[[ Materials provided, beginning ]]
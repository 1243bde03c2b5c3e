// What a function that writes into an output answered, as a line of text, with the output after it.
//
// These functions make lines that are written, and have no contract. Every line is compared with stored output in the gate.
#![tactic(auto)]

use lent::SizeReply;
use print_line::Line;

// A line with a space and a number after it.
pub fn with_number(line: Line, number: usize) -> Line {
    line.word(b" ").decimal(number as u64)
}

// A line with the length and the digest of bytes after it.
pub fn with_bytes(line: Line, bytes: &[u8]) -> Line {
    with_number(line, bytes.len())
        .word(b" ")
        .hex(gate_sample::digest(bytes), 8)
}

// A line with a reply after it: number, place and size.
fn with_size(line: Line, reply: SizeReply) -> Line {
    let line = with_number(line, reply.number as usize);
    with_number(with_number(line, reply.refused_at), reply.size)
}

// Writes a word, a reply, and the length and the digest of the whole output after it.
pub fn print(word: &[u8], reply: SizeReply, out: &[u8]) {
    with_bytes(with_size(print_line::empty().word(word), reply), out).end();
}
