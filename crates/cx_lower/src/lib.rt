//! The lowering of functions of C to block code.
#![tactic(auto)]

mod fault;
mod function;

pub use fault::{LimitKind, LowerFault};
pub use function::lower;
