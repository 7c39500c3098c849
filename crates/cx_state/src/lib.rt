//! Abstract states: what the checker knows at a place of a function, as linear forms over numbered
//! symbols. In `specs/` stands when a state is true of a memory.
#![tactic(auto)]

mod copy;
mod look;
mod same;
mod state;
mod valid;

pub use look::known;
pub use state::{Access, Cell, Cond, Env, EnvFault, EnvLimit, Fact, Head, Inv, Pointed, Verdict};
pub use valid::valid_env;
[[ Materials provided, end ]]
[[ Materials provided, beginning ]]
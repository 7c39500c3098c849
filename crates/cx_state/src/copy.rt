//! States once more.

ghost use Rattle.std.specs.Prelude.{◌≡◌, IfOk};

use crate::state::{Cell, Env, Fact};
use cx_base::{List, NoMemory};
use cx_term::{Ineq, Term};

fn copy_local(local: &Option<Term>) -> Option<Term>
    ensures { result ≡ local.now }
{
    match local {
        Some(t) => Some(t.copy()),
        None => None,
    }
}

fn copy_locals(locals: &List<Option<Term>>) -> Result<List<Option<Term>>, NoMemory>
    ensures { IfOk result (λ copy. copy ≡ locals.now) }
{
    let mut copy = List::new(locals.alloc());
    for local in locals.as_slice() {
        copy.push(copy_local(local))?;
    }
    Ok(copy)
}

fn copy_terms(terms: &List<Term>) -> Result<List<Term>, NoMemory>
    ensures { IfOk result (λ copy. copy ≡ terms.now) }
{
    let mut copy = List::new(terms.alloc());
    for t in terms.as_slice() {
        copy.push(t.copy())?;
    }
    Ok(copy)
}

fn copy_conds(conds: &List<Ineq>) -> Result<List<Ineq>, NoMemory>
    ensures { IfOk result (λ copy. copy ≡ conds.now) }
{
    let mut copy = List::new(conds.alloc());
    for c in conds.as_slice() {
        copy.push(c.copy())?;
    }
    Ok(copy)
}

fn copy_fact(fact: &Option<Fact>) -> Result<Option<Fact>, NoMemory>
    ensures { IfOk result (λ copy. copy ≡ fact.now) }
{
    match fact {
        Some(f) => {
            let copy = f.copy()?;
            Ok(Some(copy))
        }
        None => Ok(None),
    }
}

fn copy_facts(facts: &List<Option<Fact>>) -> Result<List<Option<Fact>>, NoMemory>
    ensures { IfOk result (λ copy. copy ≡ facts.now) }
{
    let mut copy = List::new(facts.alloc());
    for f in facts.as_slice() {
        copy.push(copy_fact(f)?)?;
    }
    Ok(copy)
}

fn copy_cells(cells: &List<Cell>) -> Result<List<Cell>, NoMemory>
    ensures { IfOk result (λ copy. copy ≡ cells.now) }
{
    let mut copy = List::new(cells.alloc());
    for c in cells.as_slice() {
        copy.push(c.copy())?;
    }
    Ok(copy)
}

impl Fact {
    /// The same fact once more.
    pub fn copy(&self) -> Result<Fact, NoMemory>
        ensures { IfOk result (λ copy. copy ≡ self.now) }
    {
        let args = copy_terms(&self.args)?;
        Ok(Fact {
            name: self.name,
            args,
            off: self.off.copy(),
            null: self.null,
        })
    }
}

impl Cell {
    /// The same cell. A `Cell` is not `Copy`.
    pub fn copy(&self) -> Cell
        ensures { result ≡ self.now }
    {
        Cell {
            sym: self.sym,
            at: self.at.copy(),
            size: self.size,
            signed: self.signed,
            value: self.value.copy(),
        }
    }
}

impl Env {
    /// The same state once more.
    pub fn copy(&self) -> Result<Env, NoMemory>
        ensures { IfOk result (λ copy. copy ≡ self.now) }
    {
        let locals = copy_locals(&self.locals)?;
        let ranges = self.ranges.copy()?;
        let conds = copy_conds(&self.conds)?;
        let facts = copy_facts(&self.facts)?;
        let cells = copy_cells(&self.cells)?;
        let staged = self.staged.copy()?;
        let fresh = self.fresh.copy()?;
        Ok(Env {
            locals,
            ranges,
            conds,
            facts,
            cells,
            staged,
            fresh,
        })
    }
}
[[ Materials provided, end ]]
Among the lines above, find those holding "SizeReply" and copy each one.

use lent::SizeReply;
fn with_size(line: Line, reply: SizeReply) -> Line {
pub fn print(word: &[u8], reply: SizeReply, out: &[u8]) {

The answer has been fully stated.